Cues available in facial skin are used to assess mate quality in humans and non-human primates. In men, perception of skin healthiness and facial attractiveness are associated with heterozygosity at genes in the major histocompatibility complex, with potential implications for securing direct benefits through mate choice. There is, however, some debate as to the precise nature of the information available in skin that is used in health and attractiveness judgments. Here we investigate whether color cues are important in discrimination of skin healthiness and facial attractiveness in men’s faces. We presented images of men judged to have attractive or unattractive faces, and healthy or less healthy skin, to independent raters in either full-color or gray-scale monochrome. Differences in ratings across these conditions indicate that hue carries additive information over that available in other skin cues (e.g. texture and tone) and that this aids discrimination of individual men’s quality, especially in judgments of skin condition.
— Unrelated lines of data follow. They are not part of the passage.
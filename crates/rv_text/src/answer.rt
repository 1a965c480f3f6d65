//! What the server answers: welcomes, replies and refusals.
ghost use Rattle.std.specs.Prelude.{◌≡◌, ◌↔◌, IfOk, IsTrue, length};

use crate::message::{Key, MAX_IDENTIFIER, fits_identifier};
use crate::version::Version;
use rv_json::{Item, Items, NoMemory};
use std::alloc::Global;
use thiserror::Error;

/// The greatest number that a count reports: as many items or consumers as an epoch can have.
pub const MAX_COUNTED: u64 = 100_000;

/// The outcome of a request. Once given, it stays the request's reply.
#[derive(PartialEq, Eq, Drop)]
pub enum Reply {
    /// A put was accepted.
    Done,
    /// A transfer's item was given to a consumer.
    Received,
    /// The same in a session of version 2: the item was given to the request of this key. In an answer that
    /// is within its limits both keys have one epoch.
    ReceivedBy(Key),
    /// A transfer that does not wait found no consumer.
    Nobody,
    /// A take got this item.
    Item(Item),
    /// A take that does not wait, or a peek, found no item.
    Empty,
    /// A swap got this item in exchange for its own.
    Swapped(Item),
    /// The request's wait ended, and it had met nobody.
    TimedOut,
    /// The request was ended by a cancel, while it waited or before it came, or by its client's hello with a
    /// greater incarnation, while it waited.
    Cancelled,
    /// How many items wait in the queue, those of puts and of transfers, and how many consumers: within the
    /// limits 0 to 100,000 each.
    Counted { items: u64, consumers: u64 },
    /// A peek saw this item, the queue's oldest.
    Peeked(Item),
    /// A drain got these items, the queue's oldest in their order; it may be none.
    Drained(Items),
}

/// Why a message was refused. Its number is [`Refusal::code`]. The book says when each comes; none of it is
/// promised here.
#[derive(Clone, Copy, Debug, PartialEq, Eq, Error)]
pub enum Refusal {
    /// 1: the body is not a message.
    #[error("the body is not a message")]
    BadText,
    /// 2: the key's epoch is not the server's, which is given.
    #[error("the server's epoch is {0}")]
    OtherEpoch(u64),
    /// 3: in this epoch the client has no session, or one of a lower incarnation.
    #[error("the client has no session")]
    NoSession,
    /// 4: the session has a greater incarnation, which is given.
    #[error("the session's incarnation is {0}")]
    OldIncarnation(u64),
    /// 5: the message's number is below the session's last, which is given.
    #[error("the session's last number is {0}")]
    OldNumber(u64),
    /// 6: the last number has a request with another call.
    #[error("the number has another call")]
    OtherCall,
    /// 7: the session's last request, whose number is given, still waits.
    #[error("request {0} still waits")]
    Busy(u64),
    /// 8: the number is not the next one after the last, which is given.
    #[error("the session's last number is {0}, and this is not the next")]
    Gap(u64),
    /// 9: there are as many clients as an epoch can have.
    #[error("the epoch has as many clients as it can")]
    ClientsFull,
    /// 10: the epoch has room for no further entry of this kind.
    #[error("the epoch is full")]
    EpochFull,
    /// 11: a growth of memory was refused.
    #[error("out of memory")]
    NoMemory,
    /// 12: a hello of the session's incarnation asks for another version than the session's, which is given.
    #[error("the session's version is {}", .0.number())]
    OtherVersion(Version),
}

impl Reply {
    ghost use Rattle.rv_text.specs.Rows.{reply_row};
    ghost use Rattle.rv_text.specs.Limits.{FitsReply, IsOfEpoch};

    // How many members the reply has in a body: its word, and its item, its items, its numbers or those of a
    // consumer's key.
    pub(crate) fn member_count(&self) -> usize
        ensures { result ≡ length (reply_row self.now) }
    {
        match self {
            Reply::Counted { .. } => 3,
            Reply::ReceivedBy(_) => 4,
            Reply::Item(_) | Reply::Swapped(_) | Reply::Peeked(_) | Reply::Drained(_) => 2,
            _ => 1,
        }
    }

    /// Whether its items are at most 16 of at most 512 bytes, its counts at most 100,000, and a consumer's
    /// numbers 1 to 2^53 - 1. The consumer's epoch may be any here; the answer checks that it is its own.
    pub fn fits(&self) -> bool
        ensures { IsTrue result ↔ FitsReply self.now }
    {
        match self {
            Reply::Item(item) | Reply::Swapped(item) | Reply::Peeked(item) => item.fits(),
            Reply::Drained(items) => items.fits(),
            Reply::ReceivedBy(taker) => {
                fits_identifier(taker.client)
                    && fits_identifier(taker.incarnation)
                    && fits_identifier(taker.number)
            }
            Reply::Counted { items, consumers } => {
                *items <= MAX_COUNTED && *consumers <= MAX_COUNTED
            }
            _ => true,
        }
    }

    /// A copy of the reply. Fails only if memory for its items was refused.
    pub fn copy(&self, alloc: Global) -> Result<Reply, NoMemory>
        ensures same { IfOk result (λ reply. reply ≡ self.now) }
    {
        match self {
            Reply::Done => Ok(Reply::Done),
            Reply::Received => Ok(Reply::Received),
            Reply::ReceivedBy(taker) => Ok(Reply::ReceivedBy(*taker)),
            Reply::Nobody => Ok(Reply::Nobody),
            Reply::Item(item) => Ok(Reply::Item(item.copy(alloc)?)),
            Reply::Empty => Ok(Reply::Empty),
            Reply::Swapped(item) => Ok(Reply::Swapped(item.copy(alloc)?)),
            Reply::TimedOut => Ok(Reply::TimedOut),
            Reply::Cancelled => Ok(Reply::Cancelled),
            Reply::Counted { items, consumers } => Ok(Reply::Counted {
                items: *items,
                consumers: *consumers,
            }),
            Reply::Peeked(item) => Ok(Reply::Peeked(item.copy(alloc)?)),
            Reply::Drained(items) => Ok(Reply::Drained(items.copy(alloc)?)),
        }
    }

    // Whether the consumer that it names, if it names one, is of this epoch.
    fn is_of_epoch(&self, epoch: u64) -> bool
        ensures { IsTrue result ↔ IsOfEpoch epoch self.now }
    {
        match self {
            Reply::ReceivedBy(taker) => taker.epoch == epoch,
            _ => true,
        }
    }
}

impl Refusal {
    ghost use Rattle.rv_text.specs.Rows.{code_of, detail_row};
    ghost use Rattle.rv_text.specs.Limits.{FitsRefusal};

    // How many members the refusal has in a body beside its code.
    pub(crate) fn detail_count(&self) -> usize
        ensures { result ≡ length (detail_row self.now) }
    {
        match self {
            Refusal::OtherEpoch(_) | Refusal::OldIncarnation(_) | Refusal::OtherVersion(_) => 1,
            Refusal::OldNumber(_) | Refusal::Busy(_) | Refusal::Gap(_) => 1,
            _ => 0,
        }
    }

    /// Whether the number that it carries is within its limits: 1 to 2^53 - 1, and 0 too for a session's last
    /// number.
    pub fn fits(&self) -> bool
        ensures { IsTrue result ↔ FitsRefusal self.now }
    {
        match self {
            Refusal::OtherEpoch(current) => fits_identifier(*current),
            Refusal::OldIncarnation(current) => fits_identifier(*current),
            Refusal::Busy(number) => fits_identifier(*number),
            Refusal::OldNumber(last) | Refusal::Gap(last) => *last <= MAX_IDENTIFIER,
            _ => true,
        }
    }

    /// The refusal's number, 1 to 12.
    pub fn code(&self) -> u64
        ensures { result ≡ code_of self.now }
    {
        match self {
            Refusal::BadText => 1,
            Refusal::OtherEpoch(_) => 2,
            Refusal::NoSession => 3,
            Refusal::OldIncarnation(_) => 4,
            Refusal::OldNumber(_) => 5,
            Refusal::OtherCall => 6,
            Refusal::Busy(_) => 7,
            Refusal::Gap(_) => 8,
            Refusal::ClientsFull => 9,
            Refusal::EpochFull => 10,
            Refusal::NoMemory => 11,
            Refusal::OtherVersion(_) => 12,
        }
    }
}

/// What the server sends back for a message.
#[derive(PartialEq, Eq, Drop)]
pub enum Answer {
    /// A hello was accepted: the client's session has this incarnation and this version in this epoch.
    Welcome {
        /// The server's epoch.
        epoch: u64,
        /// The session's client.
        client: u64,
        /// The session's incarnation.
        incarnation: u64,
        /// The session's version.
        version: Version,
    },
    /// The request of this key has this reply.
    Replied {
        /// The request that has the reply.
        key: Key,
        /// Its outcome.
        reply: Reply,
    },
    /// The request of this key waits. Its outcome is the answer when the message is sent again.
    Waiting {
        /// The request that waits.
        key: Key,
    },
    /// The message was refused.
    Refused(Refusal),
}

impl Answer {
    ghost use Rattle.rv_text.specs.Limits.{FitsAnswer};

    /// Whether every number and item, and how many items a drain took, are within their limits, and a
    /// consumer that is named has the answer's epoch.
    pub fn fits(&self) -> bool
        ensures { IsTrue result ↔ FitsAnswer self.now }
    {
        match self {
            Answer::Welcome {
                epoch,
                client,
                incarnation,
                ..
            } => {
                fits_identifier(*epoch) && fits_identifier(*client) && fits_identifier(*incarnation)
            }
            Answer::Replied { key, reply } => {
                key.fits() && reply.fits() && reply.is_of_epoch(key.epoch)
            }
            Answer::Waiting { key } => key.fits(),
            Answer::Refused(refusal) => refusal.fits(),
        }
    }
}

impl From<NoMemory> for Refusal {
    ghost use Rattle.rv_text.specs.declared.answer.Refusal.TheVariants as refusals;

    ghost from_gives = { λ _ refusal. refusal ≡ refusals.NoMemory };

    fn from(_refused: NoMemory) -> Refusal {
        Refusal::NoMemory
    }
}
We also found significant sex and age effects on discrimination. Our results are consistent with findings from other species that color cues can signal underlying quality and that sexual selection may have contributed to the evolution of color vision in primates.

Highlights

  • Several authors, dating as far back as Darwin (1871), have suggested that withinpopulation variation in skin color and condition might influence judgments of attractiveness, of women’s attractiveness

  • Repeated measures ANOVA revealed a significant three-way interaction between Image type, Quality and Color condition (Table 1), such that the ratings given to the skin images of low quality individuals were low when viewed in color compared to monochrome (post hoc t test: t (390) = 3.37, p = 0.001) and there was little effect of color condition on high quality individuals (t (390) = 1.12, p = 0.262; see Fig. 1a)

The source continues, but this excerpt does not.